| REQUIRED WORK |
Wherever a line of the data contains "Rattle", copy that line.

| SUPPLIED RECORDS |
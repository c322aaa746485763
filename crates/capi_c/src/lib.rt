// The static library of the calls on a run: each export is the call of the same name of `capi`, with its clauses. include/surge.h declares them.
#![tactic(auto)]

ghost use Rattle.std.specs.Prelude.{◌≡◌};
ghost use Rattle.mesh.specs.Lent.{mesh};
ghost use Rattle.surge.specs.Lent.{run, after};
ghost use Rattle.surge.specs.Open.{open_of};
ghost use Rattle.surge.specs.Step.{step_out, step_of};
ghost use Rattle.surge.specs.StepAll.{list_out, step_all_of};
ghost use Rattle.passes.specs.Settle.{lent_rooms};
ghost use Rattle.saves.specs.Save.{save_out, save_of};
ghost use Rattle.loads.specs.Load.{load_of};
ghost use Rattle.forcings.specs.Forcings.{taken, taken_of};
ghost use Rattle.grids.specs.Grid.{grid, read_out, read_of};
ghost use Rattle.capi.specs.Numbers.{parameters, clock, answer, reply, list_reply};

// Opens a mesh. The clock only comes back: it is the cold one, refused or not.
#[unsafe(no_mangle)]
pub extern "C" fn surge_open(
    state: &mut [f64],
    place: &mut usize,
    value: &mut f64,
    step: &mut u32,
    x: &[i32],
    y: &[i32],
    tri: &[u16],
    h: &[f64],
    kind: &[u8],
    dt: f64,
    tau: f64,
    k: f64,
    f: f64,
    advection: u8,
) -> u32
    ensures { after (reply (answer result place.new value.new) (clock step.new)) state.new ≡ open_of (mesh x.now y.now tri.now h.now kind.now) (parameters dt tau k f advection) state.old }
{
    capi::surge_open(
        state, place, value, step, x, y, tri, h, kind, dt, tau, k, f, advection,
    )
}

// Steps. The clock goes in and comes back.
#[unsafe(no_mangle)]
pub extern "C" fn surge_step(
    next: &mut [f64],
    work: &mut [f64],
    sums: &mut [u64],
    place: &mut usize,
    value: &mut f64,
    step: &mut u32,
    state: &[f64],
    forcing: &[f64],
    x: &[i32],
    y: &[i32],
    tri: &[u16],
    h: &[f64],
    kind: &[u8],
    dt: f64,
    tau: f64,
    k: f64,
    f: f64,
    advection: u8,
) -> u32
    ensures { step_out (reply (answer result place.new value.new) (clock step.new)) next.new work.new sums.new ≡ step_of (mesh x.now y.now tri.now h.now kind.now) (parameters dt tau k f advection) (run state.now (clock step.old)) forcing.now (lent_rooms next.old work.old sums.old) }
{
    capi::surge_step(
        next, work, sums, place, value, step, state, forcing, x, y, tri, h, kind, dt, tau, k, f,
        advection,
    )
}

// Steps through a list. The clock goes in and comes back, and the count of accepted steps comes back.
#[unsafe(no_mangle)]
pub extern "C" fn surge_step_all(
    next: &mut [f64],
    work: &mut [f64],
    sums: &mut [u64],
    place: &mut usize,
    value: &mut f64,
    step: &mut u32,
    accepted: &mut u32,
    state: &[f64],
    forcings: &[f64],
    x: &[i32],
    y: &[i32],
    tri: &[u16],
    h: &[f64],
    kind: &[u8],
    dt: f64,
    tau: f64,
    k: f64,
    f: f64,
    advection: u8,
) -> u32
    ensures { list_out (list_reply (reply (answer result place.new value.new) (clock step.new)) accepted.new) next.new work.new sums.new ≡ step_all_of (mesh x.now y.now tri.now h.now kind.now) (parameters dt tau k f advection) (run state.now (clock step.old)) forcings.now (lent_rooms next.old work.old sums.old) }
{
    capi::surge_step_all(
        next, work, sums, place, value, step, accepted, state, forcings, x, y, tri, h, kind, dt,
        tau, k, f, advection,
    )
}

// Saves. The clock only goes in; the place of an accepted answer is the bytes written.
#[unsafe(no_mangle)]
pub extern "C" fn surge_save(
    text: &mut [u8],
    place: &mut usize,
    value: &mut f64,
    state: &[f64],
    x: &[i32],
    y: &[i32],
    tri: &[u16],
    h: &[f64],
    kind: &[u8],
    dt: f64,
    tau: f64,
    k: f64,
    f: f64,
    advection: u8,
    step: u32,
) -> u32
    ensures { save_out (answer result place.new value.new) text.new ≡ save_of (mesh x.now y.now tri.now h.now kind.now) (parameters dt tau k f advection) state.now (clock step) text.old }
{
    capi::surge_save(
        text, place, value, state, x, y, tri, h, kind, dt, tau, k, f, advection, step,
    )
}

// Loads. The clock goes in, since a refusal leaves it as found, and comes back.
#[unsafe(no_mangle)]
pub extern "C" fn surge_load(
    state: &mut [f64],
    place: &mut usize,
    value: &mut f64,
    step: &mut u32,
    text: &[u8],
    x: &[i32],
    y: &[i32],
    tri: &[u16],
    h: &[f64],
    kind: &[u8],
    dt: f64,
    tau: f64,
    k: f64,
    f: f64,
    advection: u8,
) -> u32
    ensures { after (reply (answer result place.new value.new) (clock step.new)) state.new ≡ load_of (mesh x.now y.now tri.now h.now kind.now) (parameters dt tau k f advection) text.now state.old (clock step.old) }
{
    capi::surge_load(
        state, place, value, step, text, x, y, tri, h, kind, dt, tau, k, f, advection,
    )
}

// Reads a forcing into a room. The room is written only where the reading is accepted.
#[unsafe(no_mangle)]
pub extern "C" fn surge_read_forcing(
    forcing: &mut [f64],
    place: &mut usize,
    value: &mut f64,
    text: &[u8],
    expected: u32,
) -> u32
    ensures { taken (answer result place.new value.new) forcing.new ≡ taken_of forcing.old text.now expected }
{
    capi::surge_read_forcing(forcing, place, value, text, expected)
}

// Reads a grid file into the rooms of a mesh.
#[unsafe(no_mangle)]
pub extern "C" fn surge_read_grid(
    x: &mut [i32],
    y: &mut [i32],
    h: &mut [f64],
    tri: &mut [u16],
    place: &mut usize,
    value: &mut f64,
    text: &[u8],
) -> u32
    ensures { read_out (answer result place.new value.new) (grid x.new y.new h.new tri.new) ≡ read_of (grid x.old y.old h.old tri.old) text.now }
{
    capi::surge_read_grid(x, y, h, tri, place, value, text)
}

| RESPONSE |
ghost use Rattle.std.specs.Prelude.{◌≡◌};
ghost use Rattle.mesh.specs.Lent.{mesh};
ghost use Rattle.surge.specs.Lent.{run, after};
ghost use Rattle.surge.specs.Open.{open_of};
ghost use Rattle.surge.specs.Step.{step_out, step_of};
ghost use Rattle.surge.specs.StepAll.{list_out, step_all_of};
ghost use Rattle.passes.specs.Settle.{lent_rooms};
ghost use Rattle.saves.specs.Save.{save_out, save_of};
ghost use Rattle.loads.specs.Load.{load_of};
ghost use Rattle.forcings.specs.Forcings.{taken, taken_of};
ghost use Rattle.grids.specs.Grid.{grid, read_out, read_of};
ghost use Rattle.capi.specs.Numbers.{parameters, clock, answer, reply, list_reply};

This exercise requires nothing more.